## How to complete this task
When you find the line with "filename crates/xarch_run/src/stop.rt" among the records below, reproduce it and each line after it exactly, ending with the line with "Stop::Memory".

Stored items:
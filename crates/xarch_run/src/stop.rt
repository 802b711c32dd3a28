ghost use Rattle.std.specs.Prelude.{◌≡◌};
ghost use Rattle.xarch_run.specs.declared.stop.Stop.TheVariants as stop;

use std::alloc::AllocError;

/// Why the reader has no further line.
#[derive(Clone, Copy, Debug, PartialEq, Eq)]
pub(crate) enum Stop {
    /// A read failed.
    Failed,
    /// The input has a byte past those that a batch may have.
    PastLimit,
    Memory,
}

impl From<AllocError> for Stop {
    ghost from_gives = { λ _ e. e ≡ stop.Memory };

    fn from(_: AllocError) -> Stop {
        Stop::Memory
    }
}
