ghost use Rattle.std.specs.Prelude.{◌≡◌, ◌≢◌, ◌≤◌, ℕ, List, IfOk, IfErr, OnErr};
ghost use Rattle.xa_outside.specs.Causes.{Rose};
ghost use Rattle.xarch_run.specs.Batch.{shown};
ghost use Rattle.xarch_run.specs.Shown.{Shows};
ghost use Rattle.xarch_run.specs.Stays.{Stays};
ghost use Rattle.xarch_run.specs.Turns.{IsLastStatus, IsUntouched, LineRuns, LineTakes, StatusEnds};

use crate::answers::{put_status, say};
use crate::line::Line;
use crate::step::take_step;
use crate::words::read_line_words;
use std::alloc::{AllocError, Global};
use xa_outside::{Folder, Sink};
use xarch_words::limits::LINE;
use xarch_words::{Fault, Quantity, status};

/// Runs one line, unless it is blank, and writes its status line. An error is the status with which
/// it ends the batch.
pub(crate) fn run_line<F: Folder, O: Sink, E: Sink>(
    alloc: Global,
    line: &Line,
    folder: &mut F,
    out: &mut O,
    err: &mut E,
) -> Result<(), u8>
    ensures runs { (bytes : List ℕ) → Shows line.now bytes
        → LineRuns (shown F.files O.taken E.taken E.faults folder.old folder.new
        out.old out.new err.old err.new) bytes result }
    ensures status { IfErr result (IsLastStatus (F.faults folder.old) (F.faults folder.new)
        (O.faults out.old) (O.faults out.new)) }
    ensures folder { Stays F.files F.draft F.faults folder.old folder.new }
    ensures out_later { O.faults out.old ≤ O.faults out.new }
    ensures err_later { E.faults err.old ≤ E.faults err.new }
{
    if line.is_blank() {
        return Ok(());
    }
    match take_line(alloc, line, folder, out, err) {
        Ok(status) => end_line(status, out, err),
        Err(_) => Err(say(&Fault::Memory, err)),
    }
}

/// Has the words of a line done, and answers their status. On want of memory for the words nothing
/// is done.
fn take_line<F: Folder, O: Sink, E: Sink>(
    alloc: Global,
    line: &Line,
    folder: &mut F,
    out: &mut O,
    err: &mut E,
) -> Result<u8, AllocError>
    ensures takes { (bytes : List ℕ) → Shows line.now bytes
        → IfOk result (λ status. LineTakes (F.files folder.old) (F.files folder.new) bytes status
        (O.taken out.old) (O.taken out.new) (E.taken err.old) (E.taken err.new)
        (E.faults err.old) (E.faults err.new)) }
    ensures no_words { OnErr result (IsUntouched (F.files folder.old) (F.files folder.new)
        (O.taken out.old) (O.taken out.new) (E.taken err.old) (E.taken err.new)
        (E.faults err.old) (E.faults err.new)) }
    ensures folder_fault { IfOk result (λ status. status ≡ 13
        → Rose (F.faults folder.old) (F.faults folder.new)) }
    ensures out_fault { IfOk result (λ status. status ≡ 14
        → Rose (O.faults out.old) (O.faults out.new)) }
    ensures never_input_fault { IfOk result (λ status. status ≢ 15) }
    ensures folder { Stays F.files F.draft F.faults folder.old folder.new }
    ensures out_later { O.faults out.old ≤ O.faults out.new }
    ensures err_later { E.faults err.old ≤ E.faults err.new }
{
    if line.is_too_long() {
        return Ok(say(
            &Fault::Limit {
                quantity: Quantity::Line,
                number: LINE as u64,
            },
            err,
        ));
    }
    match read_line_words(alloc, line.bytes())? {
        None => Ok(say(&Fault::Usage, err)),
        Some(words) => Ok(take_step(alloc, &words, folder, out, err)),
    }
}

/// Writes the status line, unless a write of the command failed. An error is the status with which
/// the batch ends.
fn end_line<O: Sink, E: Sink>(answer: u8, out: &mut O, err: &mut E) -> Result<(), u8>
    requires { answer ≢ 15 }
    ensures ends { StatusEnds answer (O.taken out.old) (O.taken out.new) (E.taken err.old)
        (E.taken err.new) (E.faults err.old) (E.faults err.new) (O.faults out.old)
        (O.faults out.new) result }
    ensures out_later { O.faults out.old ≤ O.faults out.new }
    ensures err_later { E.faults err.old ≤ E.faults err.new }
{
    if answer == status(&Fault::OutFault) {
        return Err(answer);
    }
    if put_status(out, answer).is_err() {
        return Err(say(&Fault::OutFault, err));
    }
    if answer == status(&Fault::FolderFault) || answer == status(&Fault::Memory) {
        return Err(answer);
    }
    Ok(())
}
* * *
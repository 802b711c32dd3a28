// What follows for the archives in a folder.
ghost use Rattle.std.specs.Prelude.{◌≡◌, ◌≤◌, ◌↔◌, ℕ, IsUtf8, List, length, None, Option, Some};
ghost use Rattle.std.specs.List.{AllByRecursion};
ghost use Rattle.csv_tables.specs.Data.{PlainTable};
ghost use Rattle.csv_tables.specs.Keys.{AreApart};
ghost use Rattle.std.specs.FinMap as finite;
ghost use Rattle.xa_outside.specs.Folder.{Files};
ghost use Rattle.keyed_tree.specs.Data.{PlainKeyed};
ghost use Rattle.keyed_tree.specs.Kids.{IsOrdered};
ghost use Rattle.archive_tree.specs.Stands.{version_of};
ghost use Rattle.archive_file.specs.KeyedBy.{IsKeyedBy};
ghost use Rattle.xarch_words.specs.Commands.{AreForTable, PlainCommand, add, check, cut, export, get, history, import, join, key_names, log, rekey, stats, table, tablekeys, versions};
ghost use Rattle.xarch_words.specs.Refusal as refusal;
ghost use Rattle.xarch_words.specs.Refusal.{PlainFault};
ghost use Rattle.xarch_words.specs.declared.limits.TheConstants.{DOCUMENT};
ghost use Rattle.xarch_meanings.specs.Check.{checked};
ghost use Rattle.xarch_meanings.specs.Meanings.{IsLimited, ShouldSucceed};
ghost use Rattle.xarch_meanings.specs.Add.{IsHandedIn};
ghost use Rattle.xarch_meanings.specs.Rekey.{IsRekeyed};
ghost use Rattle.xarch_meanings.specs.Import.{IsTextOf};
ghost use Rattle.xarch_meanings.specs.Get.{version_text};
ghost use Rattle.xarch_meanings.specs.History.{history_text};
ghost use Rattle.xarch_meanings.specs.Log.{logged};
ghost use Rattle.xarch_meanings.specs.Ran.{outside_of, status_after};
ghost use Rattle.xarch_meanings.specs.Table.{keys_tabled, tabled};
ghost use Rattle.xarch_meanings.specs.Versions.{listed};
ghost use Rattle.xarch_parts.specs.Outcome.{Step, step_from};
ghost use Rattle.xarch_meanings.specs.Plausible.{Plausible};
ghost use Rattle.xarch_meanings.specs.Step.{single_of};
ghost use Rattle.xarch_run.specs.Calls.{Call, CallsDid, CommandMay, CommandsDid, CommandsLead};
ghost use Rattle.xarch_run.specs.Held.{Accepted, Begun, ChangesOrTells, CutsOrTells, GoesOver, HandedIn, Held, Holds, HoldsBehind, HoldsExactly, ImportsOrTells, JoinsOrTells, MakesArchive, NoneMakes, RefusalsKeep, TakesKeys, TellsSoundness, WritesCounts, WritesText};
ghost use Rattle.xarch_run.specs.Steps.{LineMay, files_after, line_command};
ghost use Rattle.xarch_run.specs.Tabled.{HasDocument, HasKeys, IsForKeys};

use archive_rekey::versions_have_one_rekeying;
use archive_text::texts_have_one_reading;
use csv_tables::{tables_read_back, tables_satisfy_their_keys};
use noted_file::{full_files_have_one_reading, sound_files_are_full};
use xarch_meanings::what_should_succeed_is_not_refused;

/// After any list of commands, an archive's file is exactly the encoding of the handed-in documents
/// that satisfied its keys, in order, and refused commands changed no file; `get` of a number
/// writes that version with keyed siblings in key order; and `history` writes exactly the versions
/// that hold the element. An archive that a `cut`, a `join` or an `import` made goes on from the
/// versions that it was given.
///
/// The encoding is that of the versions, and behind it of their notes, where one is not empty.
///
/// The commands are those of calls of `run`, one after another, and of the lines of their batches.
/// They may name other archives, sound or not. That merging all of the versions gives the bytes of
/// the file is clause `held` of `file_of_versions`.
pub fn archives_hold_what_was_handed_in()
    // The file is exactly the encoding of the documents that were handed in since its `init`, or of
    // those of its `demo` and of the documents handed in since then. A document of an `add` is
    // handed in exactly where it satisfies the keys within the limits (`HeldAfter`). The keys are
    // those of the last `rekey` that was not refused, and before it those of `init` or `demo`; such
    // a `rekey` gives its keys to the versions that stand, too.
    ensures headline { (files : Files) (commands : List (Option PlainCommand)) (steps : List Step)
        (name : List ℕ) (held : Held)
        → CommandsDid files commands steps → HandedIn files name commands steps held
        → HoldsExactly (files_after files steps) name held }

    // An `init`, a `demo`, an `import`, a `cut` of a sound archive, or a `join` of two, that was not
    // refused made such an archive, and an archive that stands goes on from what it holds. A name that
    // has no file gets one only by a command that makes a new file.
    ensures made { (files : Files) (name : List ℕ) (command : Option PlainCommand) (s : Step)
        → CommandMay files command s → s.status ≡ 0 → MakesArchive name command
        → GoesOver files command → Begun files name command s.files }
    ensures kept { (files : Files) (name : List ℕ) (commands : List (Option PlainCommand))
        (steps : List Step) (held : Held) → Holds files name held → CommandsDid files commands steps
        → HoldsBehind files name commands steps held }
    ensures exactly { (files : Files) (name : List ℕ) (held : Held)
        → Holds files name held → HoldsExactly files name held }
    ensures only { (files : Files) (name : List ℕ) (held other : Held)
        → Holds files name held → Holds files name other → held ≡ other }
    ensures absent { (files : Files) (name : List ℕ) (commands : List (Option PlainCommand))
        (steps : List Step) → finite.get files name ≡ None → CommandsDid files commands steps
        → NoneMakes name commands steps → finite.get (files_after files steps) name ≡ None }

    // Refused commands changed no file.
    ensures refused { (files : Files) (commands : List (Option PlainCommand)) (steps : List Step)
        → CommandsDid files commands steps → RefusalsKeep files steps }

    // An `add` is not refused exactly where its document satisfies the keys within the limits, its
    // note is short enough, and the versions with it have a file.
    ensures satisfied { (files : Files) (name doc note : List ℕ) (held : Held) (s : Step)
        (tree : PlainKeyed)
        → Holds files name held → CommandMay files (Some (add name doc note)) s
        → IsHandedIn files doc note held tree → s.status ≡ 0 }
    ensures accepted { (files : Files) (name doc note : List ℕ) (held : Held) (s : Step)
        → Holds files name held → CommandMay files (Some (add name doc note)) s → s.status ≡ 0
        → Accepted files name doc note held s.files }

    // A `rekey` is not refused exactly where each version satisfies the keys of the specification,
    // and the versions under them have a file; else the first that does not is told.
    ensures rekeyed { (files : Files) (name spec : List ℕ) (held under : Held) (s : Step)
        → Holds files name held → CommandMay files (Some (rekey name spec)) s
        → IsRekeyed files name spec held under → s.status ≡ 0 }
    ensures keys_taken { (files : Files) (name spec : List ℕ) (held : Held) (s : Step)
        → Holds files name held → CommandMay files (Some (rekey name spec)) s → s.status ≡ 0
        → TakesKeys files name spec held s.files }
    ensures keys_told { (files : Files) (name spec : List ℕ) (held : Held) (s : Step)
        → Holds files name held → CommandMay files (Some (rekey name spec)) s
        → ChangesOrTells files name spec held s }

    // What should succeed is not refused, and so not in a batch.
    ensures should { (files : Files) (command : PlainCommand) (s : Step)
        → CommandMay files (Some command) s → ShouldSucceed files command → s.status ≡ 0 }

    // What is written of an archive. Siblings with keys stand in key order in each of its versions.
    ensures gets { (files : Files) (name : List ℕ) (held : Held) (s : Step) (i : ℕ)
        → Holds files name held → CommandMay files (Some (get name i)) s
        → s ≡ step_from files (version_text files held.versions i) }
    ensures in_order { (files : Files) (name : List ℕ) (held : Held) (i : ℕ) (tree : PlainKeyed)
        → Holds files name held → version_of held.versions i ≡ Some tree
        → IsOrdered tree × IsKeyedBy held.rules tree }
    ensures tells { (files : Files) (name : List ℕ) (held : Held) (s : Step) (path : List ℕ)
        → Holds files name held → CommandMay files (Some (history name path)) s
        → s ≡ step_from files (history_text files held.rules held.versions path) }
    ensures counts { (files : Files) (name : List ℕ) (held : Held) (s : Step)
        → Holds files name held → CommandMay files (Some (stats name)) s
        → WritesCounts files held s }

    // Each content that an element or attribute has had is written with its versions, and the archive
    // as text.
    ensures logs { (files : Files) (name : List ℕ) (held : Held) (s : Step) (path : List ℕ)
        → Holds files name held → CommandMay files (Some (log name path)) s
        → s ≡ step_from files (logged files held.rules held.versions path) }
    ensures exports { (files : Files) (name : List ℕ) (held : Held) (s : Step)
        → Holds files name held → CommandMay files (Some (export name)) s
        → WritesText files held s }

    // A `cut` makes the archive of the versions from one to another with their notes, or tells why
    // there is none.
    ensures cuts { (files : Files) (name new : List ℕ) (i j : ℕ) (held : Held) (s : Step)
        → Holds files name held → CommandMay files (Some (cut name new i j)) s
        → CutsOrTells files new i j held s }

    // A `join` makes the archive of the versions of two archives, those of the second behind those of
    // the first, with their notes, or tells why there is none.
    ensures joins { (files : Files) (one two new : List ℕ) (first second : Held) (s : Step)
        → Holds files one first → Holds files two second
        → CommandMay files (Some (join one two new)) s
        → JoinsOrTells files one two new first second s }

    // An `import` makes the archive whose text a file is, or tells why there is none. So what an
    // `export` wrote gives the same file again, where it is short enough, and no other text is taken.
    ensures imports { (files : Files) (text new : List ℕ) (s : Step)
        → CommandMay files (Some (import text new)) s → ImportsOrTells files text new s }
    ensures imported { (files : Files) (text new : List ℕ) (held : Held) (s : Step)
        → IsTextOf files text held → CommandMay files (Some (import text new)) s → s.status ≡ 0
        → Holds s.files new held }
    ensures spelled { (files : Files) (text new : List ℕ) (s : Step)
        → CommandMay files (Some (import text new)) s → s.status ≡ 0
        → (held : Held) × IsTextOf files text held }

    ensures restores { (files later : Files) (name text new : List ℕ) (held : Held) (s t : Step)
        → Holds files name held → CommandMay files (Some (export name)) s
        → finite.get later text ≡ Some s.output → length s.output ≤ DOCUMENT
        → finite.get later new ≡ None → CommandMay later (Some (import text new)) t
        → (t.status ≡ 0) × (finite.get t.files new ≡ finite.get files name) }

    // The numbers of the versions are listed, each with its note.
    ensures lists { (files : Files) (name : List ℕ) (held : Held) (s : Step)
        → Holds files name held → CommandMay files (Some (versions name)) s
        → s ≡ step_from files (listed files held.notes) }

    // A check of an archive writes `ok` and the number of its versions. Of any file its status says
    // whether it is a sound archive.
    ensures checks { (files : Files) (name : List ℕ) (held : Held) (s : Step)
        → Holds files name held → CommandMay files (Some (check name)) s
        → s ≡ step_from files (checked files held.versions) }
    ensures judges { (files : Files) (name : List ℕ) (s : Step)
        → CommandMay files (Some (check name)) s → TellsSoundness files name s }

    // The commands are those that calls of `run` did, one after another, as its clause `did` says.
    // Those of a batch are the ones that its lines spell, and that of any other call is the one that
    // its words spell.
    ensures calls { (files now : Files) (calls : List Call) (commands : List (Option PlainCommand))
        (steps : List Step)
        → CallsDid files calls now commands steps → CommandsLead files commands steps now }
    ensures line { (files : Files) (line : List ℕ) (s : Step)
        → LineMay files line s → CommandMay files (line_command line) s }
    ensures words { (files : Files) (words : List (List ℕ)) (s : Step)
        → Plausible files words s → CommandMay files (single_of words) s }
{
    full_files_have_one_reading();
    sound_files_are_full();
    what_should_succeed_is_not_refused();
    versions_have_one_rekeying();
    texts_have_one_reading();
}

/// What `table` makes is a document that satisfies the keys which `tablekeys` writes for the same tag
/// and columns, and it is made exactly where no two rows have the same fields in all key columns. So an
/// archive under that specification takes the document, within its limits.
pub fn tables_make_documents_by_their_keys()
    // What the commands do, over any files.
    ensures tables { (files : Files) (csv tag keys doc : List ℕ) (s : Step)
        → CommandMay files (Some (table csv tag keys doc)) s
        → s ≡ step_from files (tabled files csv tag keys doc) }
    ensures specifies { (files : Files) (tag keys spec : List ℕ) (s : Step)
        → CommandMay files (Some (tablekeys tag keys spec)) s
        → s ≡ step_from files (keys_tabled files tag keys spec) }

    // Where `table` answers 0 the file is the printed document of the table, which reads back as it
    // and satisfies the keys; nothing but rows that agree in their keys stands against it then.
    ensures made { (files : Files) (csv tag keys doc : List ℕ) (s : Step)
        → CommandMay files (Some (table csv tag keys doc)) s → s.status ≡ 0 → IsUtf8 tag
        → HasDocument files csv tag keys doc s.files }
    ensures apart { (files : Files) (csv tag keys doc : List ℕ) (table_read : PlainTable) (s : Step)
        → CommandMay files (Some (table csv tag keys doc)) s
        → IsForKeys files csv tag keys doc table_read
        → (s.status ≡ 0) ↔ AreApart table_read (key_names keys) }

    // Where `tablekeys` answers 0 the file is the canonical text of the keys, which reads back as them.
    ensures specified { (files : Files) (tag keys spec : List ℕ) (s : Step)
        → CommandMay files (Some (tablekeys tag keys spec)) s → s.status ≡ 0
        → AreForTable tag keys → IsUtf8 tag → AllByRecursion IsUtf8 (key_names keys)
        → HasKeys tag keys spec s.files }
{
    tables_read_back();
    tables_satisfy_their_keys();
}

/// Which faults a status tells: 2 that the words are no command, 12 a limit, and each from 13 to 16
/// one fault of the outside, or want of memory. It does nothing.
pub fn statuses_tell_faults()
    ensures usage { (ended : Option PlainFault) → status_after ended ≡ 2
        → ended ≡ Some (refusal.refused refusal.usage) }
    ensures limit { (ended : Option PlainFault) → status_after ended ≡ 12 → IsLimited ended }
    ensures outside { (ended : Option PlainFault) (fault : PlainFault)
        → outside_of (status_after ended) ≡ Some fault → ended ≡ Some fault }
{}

## Answer to this task
filename crates/xarch_run/src/stop.rt
repository 802b711c32dd3a28
ghost use Rattle.std.specs.Prelude.{◌≡◌};
ghost use Rattle.xarch_run.specs.declared.stop.Stop.TheVariants as stop;

use std::alloc::AllocError;

/// Why the reader has no further line.
#[derive(Clone, Copy, Debug, PartialEq, Eq)]
pub(crate) enum Stop {
    /// A read failed.
    Failed,
    /// The input has a byte past those that a batch may have.
    PastLimit,
    Memory,
}

impl From<AllocError> for Stop {
    ghost from_gives = { λ _ e. e ≡ stop.Memory };

    fn from(_: AllocError) -> Stop {
        Stop::Memory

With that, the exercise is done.